Mariage gay : Hollande en rattrapage

Publié par jfl-seronet le 09.10.2011
1 056 lectures
Notez l'article : 
0
 
parti socialistemariageLGBT
Ce n’est pas facile une campagne électorale… La moindre phrase est pesée au trébuchet… Tout est sujet à interprétation. Et bien souvent, une formule insuffisamment préparée peut avoir les conséquences d’une sortie de route. Invité vedette de "Libération" le 3 octobre, François Hollande, candidat à la primaire socialiste, en a fait les frais. Le sujet ? Le mariage gay.
mariage-homosexuel.jpg

Comme tous les autres candidats à la primaire socialiste, François Hollande est l’invité de "Libération" pour une interview exclusive et une participation au comité de rédaction. Son tour vient le 3 octobre. Au cours de cette interview, François Hollande (en tête des sondages) évoque entre autres sujets la question de l’ouverture du mariage aux couples de même sexe et de l’homoparentalité. Il y déclare, en conférence de rédaction, à propos de ces deux projets : "Attention, ce ne sera pas si simple de faire passer ces textes". Ces propos sont relayés immédiatement par le biais du compte Twitter de la journaliste Laure Bretton qui participe à cette conférence. D’emblée, ils créent un certain émoi chez les internautes et les militants LGBT. De fait, la position est jugée timorée… Elle est d’ailleurs utilisée par le camp de Martine Aubry (principale concurrente d’Hollande, selon les sondages). C’est Anne Hidalgo, première adjointe de Bertrand Delanoë et soutien de Martine Aubry qui dégaine "Avec de la volonté politique, un Sénat à gauche et une opinion publique favorable, où seraient les blocages ?"

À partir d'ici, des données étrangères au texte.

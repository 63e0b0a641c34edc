// What a job's text and its records spell.
ghost use Rattle.std.specs.Prelude.{◌≡◌, ◌↔◌, IfOk, IsTrue};
ghost use Rattle.mtn_check_pieces.specs.Verdict.{IsOneOf, IsRevisionOf, IsStoredOn, IsWholeOf};

use crate::SharedRecord;
use mtn_base::NoMemory;
use mtn_changes::{ChangeTextError, Revision, read_revision};
use mtn_marking::MarkedRoster;
use mtn_records::{RecordError, RosterRecord};
use mtn_roster::Roster;
use mtn_roster_deltas::{marked_tree, marks_on};
use std::alloc::Global;

// Whether memory was wanting.
fn is_want(error: &ChangeTextError) -> bool
    ensures { IsTrue result ↔ (error.now ≡ ChangeTextError.NoMemory) }
{
    matches!(error, ChangeTextError::NoMemory)
}

/// The revision that a text spells, if it spells one.
pub fn revision_of(alloc: Global, text: &[u8]) -> Result<Option<Revision>, NoMemory>
    ensures { IfOk result (IsOneOf (IsRevisionOf text.now)) }
{
    match read_revision(alloc, text) {
        Ok(revision) => Ok(Some(revision)),
        Err(error) => {
            if is_want(&error) {
                return Err(NoMemory);
            }
            Ok(None)
        }
    }
}

/// The roster that a whole record spells, if it is whole and spells one.
pub fn roster_of(alloc: Global, roster: &SharedRecord) -> Result<Option<MarkedRoster>, NoMemory>
    ensures { IfOk result (IsOneOf (IsWholeOf roster.now)) }
{
    let RosterRecord::Whole(entries) = roster.as_record() else {
        return Ok(None);
    };
    match marked_tree(alloc, entries) {
        Ok(spelled) => Ok(Some(spelled)),
        Err(RecordError::Bad) => Ok(None),
        Err(RecordError::NoMemory) => Err(NoMemory),
    }
}

/// A tree with the marks that a whole record gives to its nodes, if the record spells that tree.
pub fn stored_on(
    alloc: Global,
    stored: &SharedRecord,
    tree: Roster,
) -> Result<Option<MarkedRoster>, NoMemory>
    ensures { IfOk result (IsOneOf (IsStoredOn stored.now tree)) }
{
    let RosterRecord::Whole(entries) = stored.as_record() else {
        return Ok(None);
    };
    match marks_on(alloc, entries, &tree)? {
        Some(marks) => Ok(Some(MarkedRoster::new(tree, marks))),
        None => Ok(None),
    }
}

Le 5 octobre, Act Up-Paris qui vient de lancer une campagne participative sur le mariage homo interpelle François Hollande. "Nous sommes navrés, mais bien peu surpris par cette couardise, au lendemain de l’élection d’un sénateur socialiste à la présidence de la chambre haute, indique Act Up. Le Parti Socialiste ne nous a malheureusement pas habitués à un grand courage politique, mais là il se surpasse. Le Parti Socialiste veut nous faire croire à son adhésion totale aux revendications dites "LGBTI" : accès au mariage civil et à la parentalité pour tous et toutes. Or, son actuel poulain freine déjà des quatre fers, alors que le parti dispose depuis les sénatoriales d’outils législatifs qui lui permettraient d’ores et déjà de remettre ces sujets au débat, à défaut de les faire avancer". Et Act- Up-Paris d’affirmer que la "lutte pour les droits des LGBTI n’est pas une lutte partielle, c’est un point d’ancrage de la convergence des luttes. L’oppression légale des LGBTI constitue un bastion du pouvoir normatif, celui-là même qui entérine la domination des femmes, le racisme d’état, la morale criminelle à l’encontre des travailleurs et travailleuses du sexe, des usagers et usagères de drogues, etc". Du coup, pour l’association, il est impératif que "la gauche (…) redonne à ces sujets la visibilité qu’ils requièrent, qu’elle cesse de considérer les revendications des [personnes LGBTI] comme secondaires, folkloriques trop audacieuses, ou trop "compliquées".
Dans l’entourage de François Hollande, on semble prendre rapidement le poids (à quelques jours du premier tour de scrutin de la primaire socialiste) de ce qui a les allures d’un faux pas. Après tout, dire que le vote du mariage gay, ce ne sera pas de la tarte alors que la mesure est une promesse socialiste… du programme pour 2012… c’est stratégiquement un peu moyen.
Du coup, séance de rattrapage obligatoire et remise des pendules à l’heure. Interrogé par YAGG (5 octobre) sur le mariage gay, François Hollande explique : "Le mariage pour les couples de même sexe fera partie des textes que nous ferons adopter dès le début de la législature. Chaque couple doit avoir la liberté de faire reconnaître publiquement ses choix amoureux et conjugaux, avec ce que cela implique de mise en scène dans l’échange des consentements, dans la parole du maire qui déclare les époux mariés, dans la présence des témoins et des proches… Je souhaite que ce droit de vivre son amour au grand jour soit reconnu à tous". Dit comme ça, cela semble clair. Reste une question, est-ce François Hollande qui portera les couleurs du PS en 2012 ? Première réponse à l’issue du premier tour, dimanche 9 octobre 2011.